Zum testen komme ich heute allerdings nicht mehr.......


----------



## Seebaer (18. November 2005)

*AW: habt ihr sowas schon gesehen?! einfach einfach*



			
				honeybee schrieb:
			
		

> Hab mal 2 gebastelt :q
> 
> Zum testen komme ich heute allerdings nicht mehr.......


 
Hallo honeybee

wünsche Dir mega viel Spaß und Erfolg damit #g 

Gruß

Seebaer


----------



## Wasserpatscher (18. November 2005)

*AW: habt ihr sowas schon gesehen?! einfach einfach*



			
				honeybee schrieb:
			
		

> Hab mal 2 gebastelt :q



Sehn super aus, die Dinger!


----------



## holle (18. November 2005)

*AW: habt ihr sowas schon gesehen?! einfach einfach*

@honeybee

sehen richtig gut aus! sag unbedingt mal bescheid ob die was bringen.
übrigens hab ich auf dem foto gesehen (der verpackung von den teilen) das die in den kronkorken vorm verbiegen noch drei stahl- oder bleikugeln platziert haben.

grüsse, holle


----------



## french fish (18. November 2005)

*AW: habt ihr sowas schon gesehen?! einfach einfach*

@ honeybee:

Kuck nochmal ganz oben auf dem ersten Pic. Ich glaub die haben die Kronkorken noch weiter zusammengedrückt und Geräuschkugeln eingebaut!? (Sieht auf dem gezeichneten Bildchen zumindest mal so aus, die silbernen Kügelchen)
Würde für mich auch mehr Sinn machen weil die Dinger ja sonst kaum gewicht haben & schlecht auszuwerfen sind... 
Und die Geräuschkugeln machen das Ding bestimmt noch fängiger... 

greetz @ all


----------



## Reisender (18. November 2005)

*AW: habt ihr sowas schon gesehen?! einfach einfach*



			
				honeybee schrieb:
			
		

> Hab mal 2 gebastelt :q
> 
> Zum testen komme ich heute allerdings nicht mehr.......


 

Jana meine Kleine !!! Du mußt nicht deinen Schmuck verwenden.......sondern Bier oder Coladeckel.#h #h #h  Aber ich muß sagen, die möchte ich haben....was soll ich Überweisen ???? Preis per PN....|wavey: |wavey:


----------



## honeybee (18. November 2005)

*AW: habt ihr sowas schon gesehen?! einfach einfach*

Ja das kann ich mir schon denken mit den Bleikugeln, denn ohne fliegen die Dinger bestimmt nicht gerade sehr weit.

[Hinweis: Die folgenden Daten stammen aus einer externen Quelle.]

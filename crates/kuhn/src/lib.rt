// Kuhn's engine: uplinks rising, each by a search for an augmenting path with its downlinks rising.
#![tactic(auto)]

ghost use Rattle.std.specs.Prelude.{◌≡◌, Some, None, MatchResult};
ghost use Rattle.matching.specs.Supports.{in_rows, Settled};
ghost use Rattle.matching.specs.Answers.{Right, find_decline};
ghost use Rattle.kuhn.specs.Stuck.{Stuck};
ghost use Rattle.std.proofs.Common.{rules};

use augmenting::{Pairing, within};
use lines::{Lines, Uplink, with_line};
use matching::{Engine, EngineAnswer, EngineDecline};

#[derive(Clone, Copy)]
pub struct Kuhn;

// The uplink whose search failed, with the holders of all that was tried for it.
fn stuck_with(pairing: &Pairing, up: usize, tried: u16) -> u16
    ensures { Stuck pairing.now.holders up tried result }
{
    with_line(pairing.holders_of(tried), up)
}

fn answer(lines: Lines, rows: [u16; 16]) -> EngineAnswer
    ensures { Right lines.count rows result }
{
    let n = lines.count();
    let cut = within(n, rows);
    let mut pairing = Pairing::none();
    // the number is the uplink's, and no place of an array
    for up in 0..n {
        let mut tried = 0;
        if !pairing.augment(&cut, Uplink(up as u16), &mut tried) {
            return EngineAnswer::Witness(stuck_with(&pairing, up, tried));
        }
    }
    EngineAnswer::Matching(pairing.mates())
}

impl Engine for Kuhn {
    const LETTER: char = 'K';

    ghost LETTER = { 75 };

    ghost may = { Right };

    ghost right = { Prim.search rules };

    // The same two lines in each engine: to share them, every engine would need a method more.
    fn find(&self, n: usize, rows: [u16; 16]) -> Result<EngineAnswer, EngineDecline> {
        let lines = Lines::new(n).ok_or(EngineDecline::Lines)?;
        Ok(answer(lines, rows))
    }
}

// Whether the rows have a matching: exactly one of a matching and a witness exists. It takes no engine, so it shows that one of the two exists for every support.
pub fn has_matching(n: usize, rows: [u16; 16]) -> Result<bool, EngineDecline>
    ensures { MatchResult result (λ b. (find_decline n ≡ None) × Settled n (in_rows rows) b) (λ e. find_decline n ≡ Some e) }
{
    matching::has_matching(&Kuhn, n, rows)
}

Werd da mal kleine Tropfenbleie hinein tun. Die sollten den Zweck auch erfüllen.
Evtl. werd eich auch mal welche Pulverbeschichten und schauen wie das ganze dann aussieht.
ZUm Glück sammle ich die Kronkorken schon Ewigkeiten und habe hier einen ganzen Sack voll stehen. Waren eigentlich mal für einen Polterabend gedacht :q


----------



## honeybee (18. November 2005)

*AW: habt ihr sowas schon gesehen?! einfach einfach*

@Reisender....das ist jetzt aber nicht Dein Ernst, oder?


----------



## kanalbulle (18. November 2005)

*AW: habt ihr sowas schon gesehen?! einfach einfach*

Prima #6
...und auch schon in deinen Shop aufgenommen - alle Achtung, das ging ja fix !!!
Aber so billig würde ich die nicht verkaufen !


----------



## honeybee (18. November 2005)

*AW: habt ihr sowas schon gesehen?! einfach einfach*

Haha Kanalbulle....Du bist ja einer......:q

Ich habe jetzt mal einen "Modifiziert" und 2 große Klemmbleie hineingetan. Muss ich nur noch wiegen auf welches Gewicht er dann kommt.


----------



## holle (18. November 2005)

*AW: habt ihr sowas schon gesehen?! einfach einfach*

@honeybee

sag mal ist grz nicht greiz? da war ich ab und an mal im blockhaus (früher schiller oder so)

grüsse, holle


----------



## honeybee (18. November 2005)

*AW: habt ihr sowas schon gesehen?! einfach einfach*

Jo das Schiller kenne ich auch noch......gibt es aber nicht mehr, ist nur noch eine Ruine.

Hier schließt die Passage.